■ YOUR GOAL:
From the data that follows, copy every line holding the string "StationEmpty".

(Saved entries)
☆ ☆ ☆ ☆ ☆
const STARTED: [&str; 94] = [
    "1 10 0|declared,robot,silent,|started,arm_one,in,|JournalFull",
    "1 10 1||started,arm_one,in,|JournalFull",
    "100 10 0|declared,robot,silent,|started,arm_one,in,|MachineFailed robot",
    "1 10 0|declared,robot,silent,|started,arm_one,out,|JournalFull",
    "1 10 0|declared,table,silent,|started,arm_one,out,|JournalFull",
    "1 10 1||started,arm_one,out,|JournalFull",
    "1 10 1||started,arm_one,out,|JournalFull",
    "100 10 1|declared,table,silent, declared,robot,silent,|started,arm_one,out,|MachineFailed robot",
    "100 10 0|declared,robot,silent,|started,arm_one,out,|MachineFailed robot",
    "100 10 0|declared,robot,silent,|started,arm_one,out,|MachineFailed robot",
    "100 10 0|declared,table,silent,|started,arm_one,out,|OwnerFailed table",
    "100 10 0|declared,table,silent,|started,arm_one,out,|OwnerFailed table",
    "100 10 0||started,arm_one,out,|WrongPose table_lift",
    "1 10 0|declared,deposit,silent,|started,deposit_belt,to_end,|JournalFull",
    "58 10 58||started,deposit_belt,to_end,|JournalFull",
    "1 10 1||started,deposit_belt,to_end,|JournalFull",
    "1 10 1||started,deposit_belt,to_end,|JournalFull",
    "59 10 59||started,deposit_belt,to_end,|JournalFull",
    "100 10 58|declared,deposit,silent,|started,deposit_belt,to_end,|MachineFailed deposit",
    "100 10 0|declared,deposit,silent,|started,deposit_belt,to_end,|MachineFailed deposit",
    "100 10 0|declared,deposit,silent,|started,deposit_belt,to_end,|MachineFailed deposit",
    "100 10 59|declared,deposit,silent,|started,deposit_belt,to_end,|MachineFailed deposit",
    "100 10 0||started,deposit_belt,to_end,|NotHolder z5",
    "100 10 60||started,deposit_belt,to_end,|NotHolder z5",
    "100 10 59||started,deposit_belt,to_end,|StationEmpty dep_in",
    "1 10 0|declared,feed,silent,|started,feed_belt,to_end,|JournalFull",
    "3 10 3||started,feed_belt,to_end,|JournalFull",
    "1 10 1||started,feed_belt,to_end,|JournalFull",
    "4 10 4||started,feed_belt,to_end,|JournalFull",
    "100 10 3|declared,feed,silent,|started,feed_belt,to_end,|MachineFailed feed",
    "100 10 0|declared,feed,silent,|started,feed_belt,to_end,|MachineFailed feed",
    "100 10 4|declared,feed,silent,|started,feed_belt,to_end,|MachineFailed feed",
    "100 10 6||started,feed_belt,to_end,|WrongPose feed_belt",
    "100 10 6||started,feed_belt,to_end,|WrongPose feed_belt",
    "100 10 4||started,feed_belt,to_end,|StationEmpty feed_in",
    "1 10 0|declared,feed,silent,|started,feed_belt,to_table,|JournalFull",
    "1 10 0|declared,table,silent,|started,feed_belt,to_table,|JournalFull",
    "3 10 3||started,feed_belt,to_table,|JournalFull",
    "1 10 1||started,feed_belt,to_table,|JournalFull",
    "1 10 1||started,feed_belt,to_table,|JournalFull",
    "7 10 7||started,feed_belt,to_table,|JournalFull",
    "100 10 2|declared,table,silent, declared,feed,silent,|started,feed_belt,to_table,|MachineFailed feed",
    "100 10 3|declared,feed,silent,|started,feed_belt,to_table,|MachineFailed feed",
    "100 10 0|declared,feed,silent,|started,feed_belt,to_table,|MachineFailed feed",
    "100 10 0|declared,feed,silent,|started,feed_belt,to_table,|MachineFailed feed",
    "100 10 8|declared,feed,silent,|started,feed_belt,to_table,|MachineFailed feed",
    "100 10 3|declared,table,silent,|started,feed_belt,to_table,|OwnerFailed table",
    "100 10 0|declared,table,silent,|started,feed_belt,to_table,|OwnerFailed table",
    "100 10 0|declared,table,silent,|started,feed_belt,to_table,|OwnerFailed table",
    "100 10 7|declared,table,silent,|started,feed_belt,to_table,|OwnerFailed table",
    "100 10 3||started,feed_belt,to_table,|WrongPose feed_belt",
    "100 10 3||started,feed_belt,to_table,|WrongPose feed_belt",
    "100 10 11||started,feed_belt,to_table,|WrongPose table_lift",
    "100 10 0||started,feed_belt,to_table,|NotHolder z1",
    "100 10 8||started,feed_belt,to_table,|NotHolder z1",
    "100 10 7||started,feed_belt,to_table,|StationEmpty feed_end",
    "1 10 0|declared,press2,silent,|started,press_two,rest,|JournalFull",
    "1 10 1||started,feed_belt,rest,|JournalFull",
    "100 10 0|declared,press2,silent,|started,press_two,rest,|MachineFailed press2",
    "1 10 0|declared,press2,silent,|started,press_two,bottom,|JournalFull",
    "1 10 1||started,press_one,bottom,|JournalFull",
    "1 10 1||started,press_one,bottom,|JournalFull",
    "100 10 0|declared,press2,silent,|started,press_two,bottom,|MachineFailed press2",
    "100 10 0|declared,press2,silent,|started,press_two,bottom,|MachineFailed press2",
    "100 10 0||started,press_one,bottom,|WrongPose press_one",
    "1 10 0|declared,press2,silent,|started,press_two,middle,|JournalFull",
    "1 10 1||started,press_one,middle,|JournalFull",
    "1 10 1||started,press_one,middle,|JournalFull",
    "29 10 29||started,press_one,middle,|JournalFull",
    "100 10 0|declared,press2,silent,|started,press_two,middle,|MachineFailed press2",
    "100 10 0|declared,press2,silent,|started,press_two,middle,|MachineFailed press2",
    "100 10 29|declared,press1,silent,|started,press_one,middle,|MachineFailed press1",
    "100 10 0||started,press_one,middle,|WrongPose press_one",
    "100 10 29||started,press_one,middle,|WrongPose press_one",
    "100 10 38||started,press_one,middle,|NotHolder z3",
    "1 10 0|declared,press2,silent,|started,press_two,top,|JournalFull",
    "34 10 34||started,press_one,top,|JournalFull",
    "1 10 1||started,press_one,top,|JournalFull",
    "1 10 1||started,press_one,top,|JournalFull",
    "100 10 34|declared,press1,silent,|started,press_one,top,|MachineFailed press1",
    "100 10 0|declared,press2,silent,|started,press_two,top,|MachineFailed press2",
    "100 10 0|declared,press2,silent,|started,press_two,top,|MachineFailed press2",
    "100 10 38||started,press_one,top,|WrongPose press_one",
    "100 10 44||started,press_one,top,|WrongPose press_one",
    "100 10 0||started,press_one,top,|NotHolder z3",
    "1 10 0|declared,robot,silent,|started,robot_turn,rest,|JournalFull",
    "1 10 1||started,robot_turn,rest,|JournalFull",
    "100 10 0|declared,robot,silent,|started,robot_turn,rest,|MachineFailed robot",
    "1 10 0|declared,table,silent,|started,table_lift,rest,|JournalFull",
    "1 10 1||started,table_lift,rest,|JournalFull",
    "1 10 1||started,table_lift,rest,|JournalFull",
    "100 10 0|declared,table,silent,|started,table_lift,rest,|MachineFailed table",
    "100 10 0|declared,table,silent,|started,table_lift,rest,|MachineFailed table",
    "100 10 0||started,table_lift,rest,|WrongPose table_lift",
];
☆ ☆ ☆ ☆ ☆
■ RESPONSE AREA:
    "100 10 59||started,deposit_belt,to_end,|StationEmpty dep_in",
    "100 10 4||started,feed_belt,to_end,|StationEmpty feed_in",
    "100 10 7||started,feed_belt,to_table,|StationEmpty feed_end",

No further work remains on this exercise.